The shifting of goalposts that has occurred in the handling of the request by a former official at the anti-money laundering agency to be granted whistleblower status was nothing more than an abusive and illegal delay, according a judicial protest filed on Friday.
Jonathan Ferris called upon the Prime Minister, the Justice Minister, the Attorney General and Philip Massa (head of the External Whistleblower Unit at the Office of the Prime Minister) to note the “interminable saga” to grant him whistleblower status despite reassurances given to MEPs that he would be given protection, according to the judicial protest.
Without the requested protection, Ferris could face a five-year jail-term and a €100,000 fine for blowing the whistle on any corruption he may have witnessed during his time at the Financial Intelligence Analysis Unit.

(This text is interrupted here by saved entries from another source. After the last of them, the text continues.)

// What the store's files are called, and where they are.
ghost use Rattle.std.specs.Prelude.{◌≡◌, ◌++◌, ◌∷◌, IfOk, string_bytes};
ghost use Rattle.ip_host.specs.Names.{slash, file_text};

use ip_ground::FileName;
use std::alloc::{AllocError, Global};

/// What the file is called in the store's folder: a word, and its number in decimal digits where it has one.
pub fn file_name(alloc: Global, file: FileName) -> Result<String, AllocError>
    ensures { IfOk result (λ name. string_bytes name ≡ file_text file) }
{
    match file {
        FileName::Control => String::from_str(alloc, "control"),
        FileName::Chunk(number) => format!(in alloc; "chunk.{number}"),
        FileName::Prefix(attempt) => format!(in alloc; "prefix.{attempt}"),
        FileName::Mapping(attempt) => format!(in alloc; "mapping.{attempt}"),
        FileName::Done(attempt) => format!(in alloc; "done.{attempt}"),
    }
}

/// The path of a file of the store in this folder.
pub fn path_of(alloc: Global, dir: &str, file: FileName) -> Result<String, AllocError>
    ensures { IfOk result (λ path. string_bytes path ≡ dir.now ++ slash ∷ file_text file) }
{
    let name = file_name(alloc, file)?;
    format!(in alloc; "{dir}/{name}")
}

This was the second judicial protest filed by Ferris, in which he said nothing had changed since his first request for whistleblower status in November.
Ferris had been fired from the FIAU after he started to look into reports by assassinated journalist Daphne Caruana Galizia on allegations that the Panama company Egrant was owned by Prime Minister Joseph Muscat’s wife, according to the judicial protest.
The former FIAU official had his request for legal protection redirected by the Justice Ministry to the external whistleblower unit at the Office of the Prime Minister. He was asked to make an external disclosure in writing before being granted his request.
After complying, Ferris was then told that such an external disclosure had to be preceded by an internal disclosure to the FIAU, the unit from which he had been fired shortly after finalising a report calling for criminal action against Tourism Minister Konrad Mizzi.
In the judicial protest, Ferris said he was being taken for a ride with different entities passing the buck, showing his situation was a far cry from the “rosy speeches recently uttered by the Prime Minister as well as the Justice Minister”. The introduction of the Whistleblower Act was repeatedly raised by government members in response to criticism on the lack of freedom of expression and the rule of law in Malta.
When addressing the European Parliament during the debate on the Rule of Law, Justice Minister Owen Bonnici reassured MEPs there would be “no dragging of feet” for Ferris to be granted whistleblower protection.